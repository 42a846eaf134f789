//! The part that is generated from a number.
ghost use Rattle.std.specs.Prelude.{◌≡◌, ◌<◌, ◌^◌, length, IfOk};
ghost use Rattle.sn_p21.specs.Numbers.{NumbersDiffer};
ghost use Rattle.sn_report.specs.Generated.{generated, rows_of, steps_from, instances_from};

use crate::common::{common_instances, header};
use crate::draws::draw_features;
use crate::feature::{Feature, first_number, instances_of, steps_of};
use sn_geom::Memory;
use sn_p21::{File, Instance, Instances};
use std::alloc::Global;

/// How many features the part has.
const FEATURE_COUNT: u32 = 16;

/// The part of a seed: a block of 160 by 160 by 20 mm with sixteen holes, pockets and slots, in at most 231 instances.
pub fn make_part(alloc: Global, seed: u32) -> Result<File, Memory>
    ensures { IfOk result (λ file. file ≡ generated seed) }
{
    let features = draw_features(alloc, FEATURE_COUNT, seed)?;
    let rows = rows_of(alloc, &features)?;
    let header = header(alloc)?;
    let instances = by_number(alloc, rows)?;
    Ok(File::in_one_section(alloc, header, instances)?)
}

/// The instances of the part of these features.
fn rows_of(alloc: Global, features: &[Feature]) -> Result<Vec<Instance>, Memory>
    requires { length features.now < 2 ^ 16 }
    ensures { IfOk result (λ rows. rows.items ≡ rows_of features.now) }
{
    let steps = steps_from(alloc, features)?;
    let mut rows = common_instances(alloc, &steps)?;
    rows.append(&mut instances_from(alloc, features)?)?;
    Ok(rows)
}

/// The numbers of the workingsteps of all features.
fn steps_from(alloc: Global, features: &[Feature]) -> Result<Vec<u32>, Memory>
    requires { length features.now < 2 ^ 16 }
    ensures { IfOk result (λ steps. steps.items ≡ steps_from 0 features.now) }
{
    let mut steps = Vec::new(alloc);
    for (place, feature) in features.iter().enumerate() {
        steps.append(&mut steps_of(alloc, first_number(place as u32), *feature)?)?;
    }
    Ok(steps)
}

/// The instances of all features.
fn instances_from(alloc: Global, features: &[Feature]) -> Result<Vec<Instance>, Memory>
    requires { length features.now < 2 ^ 16 }
    ensures { IfOk result (λ rows. rows.items ≡ instances_from 0 features.now) }
{
    let mut rows = Vec::new(alloc);
    for (place, feature) in features.iter().enumerate() {
        rows.append(&mut instances_of(alloc, place as u32, *feature)?)?;
    }
    Ok(rows)
}

/// The instances of a file, each found by its number.
fn by_number(alloc: Global, rows: Vec<Instance>) -> Result<Instances, Memory>
    requires { NumbersDiffer rows.items }
    ensures { IfOk result (λ instances. instances ≡ rows.items) }
{
    let mut instances = Instances::new(alloc);
    for row in rows {
        instances.push(row)?;
    }
    Ok(instances)
}
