//! The header of the generated part, and the instances that its features share.
ghost use Rattle.std.specs.Prelude.{◌≡◌, IfOk};
ghost use Rattle.sn_report.specs.Generated as spec;

use crate::params::Field::{Absent, Enum, Int, Real, Ref, Refs, Text, Texts};
use crate::params::{entity, instance, placement, point, size, vector};
use sn_geom::Memory;
use sn_p21::{Entities, Entity, Instance};
use sqlite_items::Items;
use std::alloc::Global;

/// The entities of the header.
pub fn header(alloc: Global) -> Result<Entities, Memory>
    ensures { IfOk result (λ entities. entities ≡ spec.header) }
{
    let mut entities = Vec::new(alloc);
    entities.push(description(alloc)?)?;
    entities.push(file_name(alloc)?)?;
    entities.push(schema(alloc)?)?;
    Ok(Items::from_vec(entities))
}

fn description(alloc: Global) -> Result<Entity, Memory>
    ensures { IfOk result (λ e. e ≡ spec.description) }
{
    let fields = [Texts(&[b"one hole"]), Text(b"1")];
    entity(alloc, b"FILE_DESCRIPTION", &fields)
}

fn file_name(alloc: Global) -> Result<Entity, Memory>
    ensures { IfOk result (λ e. e ≡ spec.file_name) }
{
    let fields = [
        Text(b"one.stp"),
        Text(b"2024-01-01"),
        Texts(&[b"a"]),
        Texts(&[b"b"]),
        Text(b""),
        Text(b""),
        Text(b""),
    ];
    entity(alloc, b"FILE_NAME", &fields)
}

fn schema(alloc: Global) -> Result<Entity, Memory>
    ensures { IfOk result (λ e. e ≡ spec.schema) }
{
    let fields = [Texts(&[b"MACHINING_SCHEMA", b"MILLING_SCHEMA"])];
    entity(alloc, b"FILE_SCHEMA", &fields)
}

/// The instances that the features share: the project with these workingsteps, the setup, the block of 160 by 160 by 20 mm,
/// two tools, and what the features refer to.
pub fn common_instances(alloc: Global, steps: &[u32]) -> Result<Vec<Instance>, Memory>
    ensures { IfOk result (λ rows. rows.items ≡ spec.common_instances steps.now) }
{
    let mut rows = project_instances(alloc, steps)?;
    rows.append(&mut origin_instances(alloc)?)?;
    rows.append(&mut tool_instances(alloc)?)?;
    rows.append(&mut shared_instances(alloc)?)?;
    Ok(rows)
}

fn project_instances(alloc: Global, steps: &[u32]) -> Result<Vec<Instance>, Memory>
    ensures { IfOk result (λ rows. rows.items ≡ spec.project_instances steps.now) }
{
    let mut rows = Vec::new(alloc);
    rows.push(project(alloc)?)?;
    rows.push(workplan(alloc, steps)?)?;
    rows.push(workpiece(alloc)?)?;
    rows.push(setup(alloc)?)?;
    rows.push(block(alloc)?)?;
    rows.push(security(alloc)?)?;
    rows.push(workpiece_setup(alloc)?)?;
    Ok(rows)
}

fn project(alloc: Global) -> Result<Instance, Memory>
    ensures { IfOk result (λ i. i ≡ spec.project) }
{
    let fields = [Text(b"TRIAL"), Ref(2), Refs(&[3]), Absent, Absent, Absent];
    instance(alloc, 1, b"PROJECT", &fields)
}

fn workplan(alloc: Global, steps: &[u32]) -> Result<Instance, Memory>
    ensures { IfOk result (λ i. i ≡ spec.workplan steps.now) }
{
    let fields = [Text(b"MAIN"), Refs(steps), Absent, Ref(4), Absent];
    instance(alloc, 2, b"WORKPLAN", &fields)
}

fn workpiece(alloc: Global) -> Result<Instance, Memory>
    ensures { IfOk result (λ i. i ≡ spec.workpiece) }
{
    let fields = [
        Text(b"BLOCK"),
        Absent,
        Absent,
        Absent,
        Absent,
        Ref(5),
        Refs(&[]),
    ];
    instance(alloc, 3, b"WORKPIECE", &fields)
}

fn setup(alloc: Global) -> Result<Instance, Memory>
    ensures { IfOk result (λ i. i ≡ spec.setup) }
{
    let fields = [Text(b"SETUP"), Absent, Ref(6), Refs(&[7])];
    instance(alloc, 4, b"SETUP", &fields)
}

fn block(alloc: Global) -> Result<Instance, Memory>
    ensures { IfOk result (λ i. i ≡ spec.block) }
{
    let fields = [
        Text(b"RAW"),
        Ref(8),
        Real(b"160."),
        Real(b"160."),
        Real(b"20."),
    ];
    instance(alloc, 5, b"BLOCK", &fields)
}

fn security(alloc: Global) -> Result<Instance, Memory>
    ensures { IfOk result (λ i. i ≡ spec.security) }
{
    instance(alloc, 6, b"PLANE", &[Text(b"SECURITY"), Ref(9)])
}

fn workpiece_setup(alloc: Global) -> Result<Instance, Memory>
    ensures { IfOk result (λ i. i ≡ spec.workpiece_setup) }
{
    let fields = [Ref(3), Ref(8), Absent, Absent, Refs(&[])];
    instance(alloc, 7, b"WORKPIECE_SETUP", &fields)
}

fn origin_instances(alloc: Global) -> Result<Vec<Instance>, Memory>
    ensures { IfOk result (λ rows. rows.items ≡ spec.origin_instances) }
{
    let mut rows = Vec::new(alloc);
    rows.push(placement(alloc, 8, 10)?)?;
    rows.push(placement(alloc, 9, 11)?)?;
    rows.push(above_origin(alloc, 10, b"0.")?)?;
    rows.push(above_origin(alloc, 11, b"30.")?)?;
    Ok(rows)
}

/// The point at this height above the origin.
fn above_origin(alloc: Global, number: u32, height: &[u8]) -> Result<Instance, Memory>
    ensures { IfOk result (λ i. i ≡ spec.above_origin number height.now) }
{
    point(alloc, number, &[Real(b"0."), Real(b"0."), Real(height)])
}

fn tool_instances(alloc: Global) -> Result<Vec<Instance>, Memory>
    ensures { IfOk result (λ rows. rows.items ≡ spec.tool_instances) }
{
    let mut rows = Vec::new(alloc);
    rows.push(tool(alloc, 12, b"MILL", 13)?)?;
    rows.push(tool_body(alloc, 13, b"ENDMILL", 14, b"4")?)?;
    rows.push(mill_dimension(alloc)?)?;
    rows.push(tool(alloc, 15, b"DRILL", 16)?)?;
    rows.push(tool_body(alloc, 16, b"TWIST_DRILL", 17, b"2")?)?;
    rows.push(drill_dimension(alloc)?)?;
    rows.push(technology(alloc)?)?;
    Ok(rows)
}

fn tool(alloc: Global, number: u32, name: &[u8], body: u32) -> Result<Instance, Memory>
    ensures { IfOk result (λ i. i ≡ spec.tool number name.now body) }
{
    let fields = [
        Text(name),
        Ref(body),
        Refs(&[]),
        Real(b"80."),
        Absent,
        Absent,
    ];
    instance(alloc, number, b"CUTTING_TOOL", &fields)
}

/// The body of a tool: an end mill or a twist drill with its dimension and so many teeth.
fn tool_body(
    alloc: Global,
    number: u32,
    keyword: &[u8],
    dimension: u32,
    teeth: &[u8],
) -> Result<Instance, Memory>
    ensures { IfOk result (λ i. i ≡ spec.tool_body number keyword.now dimension teeth.now) }
{
    let fields = [
        Ref(dimension),
        Int(teeth),
        Enum(b"RIGHT"),
        Enum(b"F"),
        Absent,
        Absent,
    ];
    instance(alloc, number, keyword, &fields)
}

fn mill_dimension(alloc: Global) -> Result<Instance, Memory>
    ensures { IfOk result (λ i. i ≡ spec.mill_dimension) }
{
    let fields = [
        Real(b"8."),
        Absent,
        Absent,
        Real(b"30."),
        Real(b"0."),
        Absent,
        Absent,
    ];
    instance(alloc, 14, b"MILLING_TOOL_DIMENSION", &fields)
}

fn drill_dimension(alloc: Global) -> Result<Instance, Memory>
    ensures { IfOk result (λ i. i ≡ spec.drill_dimension) }
{
    let fields = [
        Real(b"10."),
        Absent,
        Absent,
        Real(b"60."),
        Absent,
        Absent,
        Absent,
    ];
    instance(alloc, 17, b"MILLING_TOOL_DIMENSION", &fields)
}

fn technology(alloc: Global) -> Result<Instance, Memory>
    ensures { IfOk result (λ i. i ≡ spec.technology) }
{
    let fields = [
        Real(b"0.02"),
        Enum(b"TCP"),
        Absent,
        Real(b"-50."),
        Absent,
        Enum(b"F"),
        Enum(b"F"),
        Enum(b"F"),
        Absent,
    ];
    instance(alloc, 18, b"MILLING_TECHNOLOGY", &fields)
}

fn shared_instances(alloc: Global) -> Result<Vec<Instance>, Memory>
    ensures { IfOk result (λ rows. rows.items ≡ spec.shared_instances) }
{
    let mut rows = Vec::new(alloc);
    rows.push(course(alloc)?)?;
    rows.push(instance(alloc, 20, b"THROUGH_BOTTOM_CONDITION", &[])?)?;
    rows.push(instance(alloc, 21, b"PLANAR_POCKET_BOTTOM_CONDITION", &[])?)?;
    rows.push(size(alloc, 22, Real(b"10."))?)?;
    rows.push(size(alloc, 23, Real(b"8."))?)?;
    Ok(rows)
}

/// The direction of the slots.
fn course(alloc: Global) -> Result<Instance, Memory>
    ensures { IfOk result (λ i. i ≡ spec.course) }
{
    let ratios = [Real(b"1."), Real(b"0."), Real(b"0.")];
    vector(alloc, 19, b"DIRECTION", &ratios)
}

****************************************

BRIEF: Show all lines from the entries that hold "these".

WORKED SOLUTION:
/// The instances of the part of these features.
/// The instances that the features share: the project with these workingsteps, the setup, the block of 160 by 160 by 20 mm,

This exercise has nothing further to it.